In 2 Peter 3:5,Peter spoke of the people of Noah’s day who were willingly ignorant of the flood that was coming until the waters came and overflowed the earth. In like manner, people of our day will be caught unawares at the Rapture of the Church. While many of the threats promoted by false doomsday prophets will never take place, this is something that will happen. Peter went on to say that “the heavens and the earth, which are now, by the same word are kept in store,reserved unto fire against the day of judgment and perdition of ungodly men”(verse 7). The Lord will come and the day of judgment will follow. It will fall heavy upon this planet. That is the existential threat our world faces! This planet itself is reserved for fire, but those who have chosen to walk with God as Noah did will not be here. They will be in a better place.

The moral corruption that exists in the human race today is no different from what existed in the time of Noah. That is why Jesus said, “As it was in the days of Noe, so shall it be also in the days of the Son of man” (Luke 17:26). Perhaps the most significant sign of Christ’s soon coming is observing what concerns the human race today. Current predictions of existential threats are Satan’s diversions to preoccupy the human race with things that are insignificant when compared to God’s judgment.

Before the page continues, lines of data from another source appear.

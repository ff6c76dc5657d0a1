//! Lines in JSON.
ghost use Rattle.std.specs.Prelude.{◌≡◌, ◌++◌, codes, OnOk};
ghost use Rattle.access_log.specs.Line.{truth_text};
ghost use Rattle.access_log.specs.Pieces.{json_answered, json_asked, json_course, json_pieces, member_text, named_text};

use crate::entry::{Entry, Form};
use crate::parts::{push_address, push_course, push_number, push_status, push_supplier, push_text};
use crate::stamp::{Stamp, push_json_time, shown_moment};
use std::alloc::{AllocError, Global};

// Appends whether something is so.
#[tactic(auto, unfolding(crate::specs::Line::truth_text))]
fn push_truth(line: &mut Vec<u8>, is_so: bool) -> Result<(), AllocError>
    ensures { OnOk result (line.new.items ≡ line.old.items ++ truth_text is_so) }
{
    if is_so {
        line.extend_from_slice(b"true")
    } else {
        line.extend_from_slice(b"false")
    }
}

// Appends a member whose value is what a client wrote.
#[tactic(auto, unfolding(crate::specs::Pieces::named_text))]
fn push_named(line: &mut Vec<u8>, name: &[u8], text: &[u8]) -> Result<(), AllocError>
    ensures { OnOk result (line.new.items ≡ line.old.items ++ named_text name.now text.now) }
{
    line.extend_from_slice(b",\"")?;
    line.extend_from_slice(name)?;
    line.extend_from_slice(b"\":\"")?;
    push_text(line, Form::Json, text)?;
    line.extend_from_slice(b"\"")
}

// The same, unless the text is empty.
#[tactic(auto, unfolding(crate::specs::Pieces::member_text))]
fn push_member(line: &mut Vec<u8>, name: &[u8], text: &[u8]) -> Result<(), AllocError>
    ensures { OnOk result (line.new.items ≡ line.old.items ++ member_text name.now text.now) }
{
    if text.is_empty() {
        Ok(())
    } else {
        push_named(line, name, text)
    }
}

// Appends who asked for what, and when that ended.
#[tactic(auto, unfolding(crate::specs::Pieces::json_asked))]
fn push_asked(
    line: &mut Vec<u8>,
    alloc: Global,
    stamp: &Stamp,
    entry: &Entry,
) -> Result<(), AllocError>
    ensures { OnOk result (line.new.items ≡ line.old.items ++ json_asked stamp.now entry.now) }
{
    line.extend_from_slice(b"\"time\":\"")?;
    push_json_time(line, stamp, shown_moment(entry.millis))?;
    line.extend_from_slice(b"\",\"client\":\"")?;
    push_address(line, alloc, entry.client)?;
    line.extend_from_slice(b"\"")?;
    push_named(line, b"method", entry.method)?;
    push_named(line, b"url", entry.url)
}

// Appends what was answered.
#[tactic(auto, unfolding(crate::specs::Pieces::json_answered))]
fn push_answered(line: &mut Vec<u8>, entry: &Entry) -> Result<(), AllocError>
    ensures { OnOk result (line.new.items ≡ line.old.items ++ json_answered entry.now) }
{
    line.extend_from_slice(b",\"status\":")?;
    push_status(line, entry.status)?;
    line.extend_from_slice(b",\"octets\":")?;
    push_number(line, entry.octets)?;
    line.extend_from_slice(b",\"ms\":")?;
    push_number(line, entry.taken)
}

// Appends how it was answered with whose object.
#[tactic(auto, unfolding(crate::specs::Pieces::json_course))]
fn push_ending(line: &mut Vec<u8>, entry: &Entry) -> Result<(), AllocError>
    ensures { OnOk result (line.new.items ≡ line.old.items ++ json_course entry.now) }
{
    line.extend_from_slice(b",\"how\":\"")?;
    push_course(line, entry.course)?;
    line.extend_from_slice(b"\",\"source\":\"")?;
    push_supplier(line, entry.supplier)?;
    line.extend_from_slice(b"\",\"whole\":")?;
    push_truth(line, entry.is_whole)
}

/// Appends the line of an entry, but for its line feed. Errors: out of memory.
#[tactic(auto, unfolding(crate::specs::Pieces::json_pieces))]
pub(crate) fn push_json_line(
    line: &mut Vec<u8>,
    alloc: Global,
    stamp: &Stamp,
    entry: &Entry,
) -> Result<(), AllocError>
    ensures { OnOk result (line.new.items ≡ line.old.items ++ json_pieces stamp.now entry.now) }
{
    line.extend_from_slice(b"{")?;
    push_asked(line, alloc, stamp, entry)?;
    push_answered(line, entry)?;
    push_ending(line, entry)?;
    push_member(line, b"referer", entry.referer)?;
    push_member(line, b"agent", entry.agent)?;
    line.extend_from_slice(b"}")
}
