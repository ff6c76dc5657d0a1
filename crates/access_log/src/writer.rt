//! A log file, written by a thread of its own: others offer it lines and never wait for the disk, and it opens the file anew where
//! it was rotated. Lines for standard output or standard error are written in the same way.
//!
//! Nothing is proved here but that it is free of panics and overflows.

mod desk;
mod file;
mod pace;
mod task;

pub use desk::{LogCounts, LogDesk};
pub use file::LogPlace;
pub use pace::Pace;
pub use task::{LogTask, open_log, run_log};
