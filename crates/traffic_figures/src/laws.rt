//! What the definitions promise besides.
ghost use Rattle.std.specs.Prelude.{◌≡◌, ◌+◌, ◌≤◌, List, ℕ, length};
ghost use Rattle.traffic_figures.specs.Buckets.{capped_sum, cumulated};

/// For the counts of 15 buckets: what is shown for the last bucket, which has no bound, is the count of all times; and what is
/// shown for a bucket is at most what is shown for the next one.
pub fn buckets_add_up()
    ensures all { (counts : List ℕ) → length counts ≡ 15 → cumulated counts 14 ≡ capped_sum counts }
    ensures rising { (counts : List ℕ) (bucket : ℕ) → cumulated counts bucket ≤ cumulated counts (bucket + 1) }
{}
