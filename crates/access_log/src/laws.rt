//! What the definitions promise besides.
ghost use Rattle.std.specs.Prelude.{◌≡◌, ◌<◌, List, ℕ, take};
ghost use Rattle.std.specs.List.{All};
ghost use Rattle.access_log.specs.declared.entry.Form.{Form};
ghost use Rattle.access_log.specs.Escaped.{escaped};
ghost use Rattle.access_log.specs.Reading.{Reads};

/// What stands in a line for a text that a client wrote reads as the text's first 8,192 octets, in either form. So no quote and
/// no backslash of the client's ends or begins anything: a quote that stands in a line is the proxy's own, and a reader finds the
/// fields where they are. And nothing is lost but what is cut off: different texts stay different, since what is written reads in
/// one way only (`a_text_reads_one_way`).
pub fn escaped_texts_read_back()
    ensures { (form : Form) (text : List ℕ) → All (λ octet. octet < 256) text → Reads form (escaped form text) (take 8192 text) }
{}

/// What is written in a form reads as one text at most.
pub fn a_text_reads_one_way()
    ensures { (form : Form) (written one other : List ℕ) → Reads form written one → Reads form written other → one ≡ other }
{}
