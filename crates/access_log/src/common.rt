//! Lines in NCSA's combined format.
ghost use Rattle.std.specs.Prelude.{◌≡◌, ◌++◌, codes, OnOk};
ghost use Rattle.access_log.specs.Escaped.{escaped_or_dash};
ghost use Rattle.access_log.specs.Line.{request_text};
ghost use Rattle.access_log.specs.Pieces.{common_answered, common_asked, common_course, common_pieces};

use crate::entry::{Entry, Form};
use crate::parts::{push_address, push_course, push_number, push_status, push_supplier, push_text};
use crate::stamp::{Stamp, push_common_time};
use std::alloc::{AllocError, Global};

// Appends a text that a client wrote, or `-` for none.
#[tactic(auto, unfolding(crate::specs::Escaped::escaped_or_dash))]
fn push_text_or_dash(line: &mut Vec<u8>, text: &[u8]) -> Result<(), AllocError>
    ensures { OnOk result (line.new.items ≡ line.old.items ++ escaped_or_dash text.now) }
{
    if text.is_empty() {
        line.extend_from_slice(b"-")
    } else {
        push_text(line, Form::Common, text)
    }
}

// Appends method, target and protocol.
#[tactic(auto, unfolding(crate::specs::Line::request_text))]
fn push_request(line: &mut Vec<u8>, entry: &Entry) -> Result<(), AllocError>
    ensures { OnOk result (line.new.items ≡ line.old.items ++ request_text entry.now) }
{
    if entry.method.is_empty() {
        return line.extend_from_slice(b"-");
    }
    push_text(line, Form::Common, entry.method)?;
    line.extend_from_slice(b" ")?;
    push_text(line, Form::Common, entry.url)?;
    line.extend_from_slice(b" HTTP/1.1")
}

// Appends who asked for what, and when that ended.
#[tactic(auto, unfolding(crate::specs::Pieces::common_asked))]
fn push_asked(
    line: &mut Vec<u8>,
    alloc: Global,
    stamp: &Stamp,
    entry: &Entry,
) -> Result<(), AllocError>
    ensures { OnOk result (line.new.items ≡ line.old.items ++ common_asked stamp.now entry.now) }
{
    push_address(line, alloc, entry.client)?;
    line.extend_from_slice(b" - - [")?;
    push_common_time(line, stamp)?;
    line.extend_from_slice(b"] \"")?;
    push_request(line, entry)?;
    line.extend_from_slice(b"\" ")
}

// Appends what was answered, and two fields of the request.
#[tactic(auto, unfolding(crate::specs::Pieces::common_answered))]
fn push_answered(line: &mut Vec<u8>, entry: &Entry) -> Result<(), AllocError>
    ensures { OnOk result (line.new.items ≡ line.old.items ++ common_answered entry.now) }
{
    push_status(line, entry.status)?;
    line.extend_from_slice(b" ")?;
    push_number(line, entry.octets)?;
    line.extend_from_slice(b" \"")?;
    push_text_or_dash(line, entry.referer)?;
    line.extend_from_slice(b"\" \"")?;
    push_text_or_dash(line, entry.agent)?;
    line.extend_from_slice(b"\" ")
}

// Appends how it was answered with whose object, and how long that took.
#[tactic(auto, unfolding(crate::specs::Pieces::common_course))]
fn push_ending(line: &mut Vec<u8>, entry: &Entry) -> Result<(), AllocError>
    ensures { OnOk result (line.new.items ≡ line.old.items ++ common_course entry.now) }
{
    line.extend_from_slice(b"\"")?;
    push_course(line, entry.course)?;
    line.extend_from_slice(b" ")?;
    push_supplier(line, entry.supplier)?;
    line.extend_from_slice(b"\" ")?;
    push_number(line, entry.taken)
}

/// Appends the line of an entry, but for its line feed. Errors: out of memory.
#[tactic(auto, unfolding(crate::specs::Pieces::common_pieces))]
pub(crate) fn push_common_line(
    line: &mut Vec<u8>,
    alloc: Global,
    stamp: &Stamp,
    entry: &Entry,
) -> Result<(), AllocError>
    ensures { OnOk result (line.new.items ≡ line.old.items ++ common_pieces stamp.now entry.now) }
{
    push_asked(line, alloc, stamp, entry)?;
    push_answered(line, entry)?;
    push_ending(line, entry)
}
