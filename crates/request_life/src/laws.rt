//! What holds of each run of the machine, whatever happens and in whatever order. The functions do nothing; their contracts are the laws.
ghost use Rattle.std.specs.Prelude.{◌≡◌, [], ℕ, ◌+◌, ◌≤◌, ◌<◌, ◌&&◌, ◌||◌, not, List, ◌∷◌, count_by, nat_lt, ◌==◌, if◌then◌else◌, Some, None, true, false};
ghost use Rattle.std.specs.List.{AllByRecursion};
ghost use Rattle.node_terms.specs.declared.mode.Mode.{Mode};
ghost use Rattle.node_terms.specs.declared.mode.Mode.TheVariants.{Private};
ghost use Rattle.request_life.specs.declared.facts.Choice.TheVariants.{Ask};
ghost use Rattle.request_life.specs.declared.facts.Lookup.{Lookup as FoundLookup};
ghost use Rattle.request_life.specs.declared.facts.Passage.{Passage as FoundPassage};
ghost use Rattle.request_life.specs.declared.facts.RequestHead.{RequestHead};
ghost use Rattle.request_life.specs.declared.facts.TunnelTarget.{TunnelTarget as FoundTarget};
ghost use Rattle.request_life.specs.declared.commands.Answer.TheVariants as answers;
ghost use Rattle.request_life.specs.declared.commands.Command.TheVariants as does;
ghost use Rattle.request_life.specs.declared.events.Event.{Event};
ghost use Rattle.request_life.specs.declared.events.Event.TheVariants as events;
ghost use Rattle.request_life.specs.declared.events.Fetched.{Fetched as FetchedObject};
ghost use Rattle.request_life.specs.declared.events.Acceptance.{Acceptance as TakenRequest};
ghost use Rattle.request_life.specs.declared.events.Failure.{Failure as NodeFailure};
ghost use Rattle.request_life.specs.declared.events.Hit.{Hit as StoredHit};
ghost use Rattle.request_life.specs.declared.events.Outcome.TheVariants as outcomes;
ghost use Rattle.request_life.specs.declared.events.PassedEnd.TheVariants as passages;
ghost use Rattle.request_life.specs.declared.events.PassedHead.{PassedHead as AnswerHead};
ghost use Rattle.request_life.specs.declared.events.TunnelEnd.TheVariants as tunnels;
ghost use Rattle.request_life.specs.declared.stages.Round.{Round as Turn};
ghost use Rattle.request_life.specs.declared.stages.Share.TheVariants as shares;
ghost use Rattle.request_life.specs.declared.stages.Submission.{Submission as SubmittedRequest};
ghost use Rattle.request_life.specs.declared.stages.Wait.{Wait as Waiter};
ghost use Rattle.request_life.specs.declared.stages.Content.{Content};
ghost use Rattle.request_life.specs.declared.stages.Content.TheVariants as contents;
ghost use Rattle.request_life.specs.declared.stages.Stage.{Stage};
ghost use Rattle.request_life.specs.declared.stages.Stage.TheVariants as stages;
ghost use Rattle.request_life.specs.Table.{turn};
ghost use Rattle.request_life.specs.Rows.{Row};
ghost use Rattle.request_life.specs.Runs.{unborn, life_at, turn_of, after, orders, times, moves_where, IsOnlyBy};
ghost use Rattle.request_life.specs.Laws.{Absent, is_in_turn, behind, breaks_nothing, comes_for_nobody, goes_past, is_due_as, is_for_nobody, is_for_server, is_kept_apart, is_look_up, is_route, is_sendable, is_uncollected, is_unread, is_uploading, may_tunnel, turns_down, is_late, is_unserved, may_have_stale, is_passed_one, is_own, is_own_success, gives_one, wants_shared, wants_stored, is_submit_so, is_fetch_for_all, is_stream, is_cancel, is_begin, takes_by_answer, lets_join, lets_use_stored, is_for_part, may_stream, tells_so, came_back, is_forbidden, is_long_one, is_large, has_answered, says_done, may_have, shape_due, may_be_asked, may_be_answered, may_be_passed, may_be_tunnelled, is_receiving, is_submitted, is_asked, asked_in, told_in, is_open, opened_in, ended_in, one, is_submit_alone, has_unsendable, ends_connection_by, is_for_store_alone, is_to_send, answers_so, is_give, is_hit, is_fetched, is_stale, is_tunnel, is_early_one, is_submit, is_fetch, is_withdraw, is_pass_on, is_open_tunnel, is_sent, is_take_out, is_record, is_more_than_record, goes_further, is_again, ends_passage, says_nothing, says_nothing_unsent, says_nothing_in_time, has_broken, is_over, is_recorded, is_waiting, is_left, is_met_hit, has_stale, is_opened, aims_well, routes_well, bars, is_for_store, must_close, goes_on, said, sent_unsafe, pending_unsafe, unchanged_unsafe, taken_in, settled_in, awaited_in};
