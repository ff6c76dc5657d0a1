//! What answers and fetches are counted by.

ghost use Rattle.std.specs.Prelude.{◌≡◌};
ghost use Rattle.traffic_figures.specs.Kinds.{class_name, class_place, course_name, course_place, outcome_name, outcome_place, source_place};
ghost use Rattle.traffic_figures.specs.StatusClass.{IsOfClass};

/// How an answer came to be.
#[derive(Clone, Copy)]
pub enum Course {
    /// From a stored object.
    Hit,
    /// By a fetch that this request began.
    Miss,
    /// By a fetch that another request had begun.
    Collapsed,
    /// By a fetch of its own, past the store.
    Bypass,
    /// By the proxy itself: nothing was fetched for it. Connections that brought no request, and clients that left before theirs was
    /// complete, are counted here too.
    Own,
}

impl Course {
    /// All of them, each at its place.
    pub(crate) const ALL: [Course; 5] = [
        Course::Hit,
        Course::Miss,
        Course::Collapsed,
        Course::Bypass,
        Course::Own,
    ];

    /// Its place among all.
    pub(crate) fn place(self) -> usize
        ensures { result ≡ course_place self }
    {
        self as usize
    }

    /// Its name in both texts.
    pub(crate) fn name(self) -> &'static str
        ensures { result.now ≡ course_name self }
    {
        match self {
            Course::Hit => "hit",
            Course::Miss => "miss",
            Course::Collapsed => "collapsed",
            Course::Bypass => "bypass",
            Course::Own => "refused",
        }
    }
}

/// The class of an answer's status (RFC 9110, section 15).
#[derive(Clone, Copy, PartialEq, Eq)]
pub enum StatusClass {
    /// 100 to 199.
    Informational,
    /// 200 to 299.
    Successful,
    /// 300 to 399.
    Redirection,
    /// 400 to 499.
    ClientError,
    /// 500 to 599; and each invalid status, which is to be understood as one of these.
    ServerError,
    /// No status: the connection ended before there was an answer.
    NoAnswer,
}

impl StatusClass {
    /// All of them, each at its place.
    pub(crate) const ALL: [StatusClass; 6] = [
        StatusClass::Informational,
        StatusClass::Successful,
        StatusClass::Redirection,
        StatusClass::ClientError,
        StatusClass::ServerError,
        StatusClass::NoAnswer,
    ];

    /// Its place among all.
    pub(crate) fn place(self) -> usize
        ensures { result ≡ class_place self }
    {
        self as usize
    }

    /// Its name in both texts.
    pub(crate) fn name(self) -> &'static str
        ensures { result.now ≡ class_name self }
    {
        match self {
            StatusClass::Informational => "1xx",
            StatusClass::Successful => "2xx",
            StatusClass::Redirection => "3xx",
            StatusClass::ClientError => "4xx",
            StatusClass::ServerError => "5xx",
            StatusClass::NoAnswer => "none",
        }
    }
}

/// The class of a status; 0 stands for none.
pub fn class_of(status: u16) -> StatusClass
    ensures { IsOfClass status result }
{
    if status == 0 {
        StatusClass::NoAnswer
    } else if status < 100 {
        StatusClass::ServerError
    } else if status < 200 {
        StatusClass::Informational
    } else if status < 300 {
        StatusClass::Successful
    } else if status < 400 {
        StatusClass::Redirection
    } else if status < 500 {
        StatusClass::ClientError
    } else {
        StatusClass::ServerError
    }
}

/// Whom a fetch was made from.
#[derive(Clone, Copy)]
pub enum FetchedFrom {
    /// An origin server.
    Origin,
    /// The neighbour at this place of the configuration, from 0.
    Neighbour(usize),
}

impl FetchedFrom {
    /// The place of its kind: origin servers, then neighbours.
    pub(crate) fn kind(self) -> usize
        ensures { result ≡ source_place self }
    {
        match self {
            FetchedFrom::Origin => 0,
            FetchedFrom::Neighbour(_) => 1,
        }
    }
}

/// How a fetch ended.
#[derive(Clone, Copy, PartialEq, Eq)]
pub enum FetchOutcome {
    /// With a complete response, whatever its status.
    Whole,
    /// Not made: the server is none that may be fetched from.
    Refused,
    /// Without a complete response.
    Failed,
}

impl FetchOutcome {
    /// All of them, each at its place.
    pub(crate) const ALL: [FetchOutcome; 3] = [
        FetchOutcome::Whole,
        FetchOutcome::Refused,
        FetchOutcome::Failed,
    ];

    /// Its place among all.
    pub(crate) fn place(self) -> usize
        ensures { result ≡ outcome_place self }
    {
        self as usize
    }

    /// Its name in both texts.
    pub(crate) fn name(self) -> &'static str
        ensures { result.now ≡ outcome_name self }
    {
        match self {
            FetchOutcome::Whole => "whole",
            FetchOutcome::Refused => "refused",
            FetchOutcome::Failed => "failed",
        }
    }
}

Noah lived with a sense of urgency, not for a day or for a week, but for 120 years. “Repent! Turn to God!” was the theme of his preaching. However, all but Noah and his family ignored their opportunity, and finally the door of the ark was shut and the flood was upon them. In the same way, people in our day largely neglect the fact that they are about to face God’s judgment—even though some of them have been told for decades that judgment is coming. And just as the people of Noah’s day did not know that their opportunity was past until the flood came, many on this earth will not know their opportunity is past until the Rapture has occurred.

Thank God, there is away of escape. You can face the future with hope rather than anxiety. You can turn to the Lord for the grace He offers, and yield your life to Him. Then you will look forward to the coming Rapture with peace and assurance that like Noah, you are walking with God and will be delivered.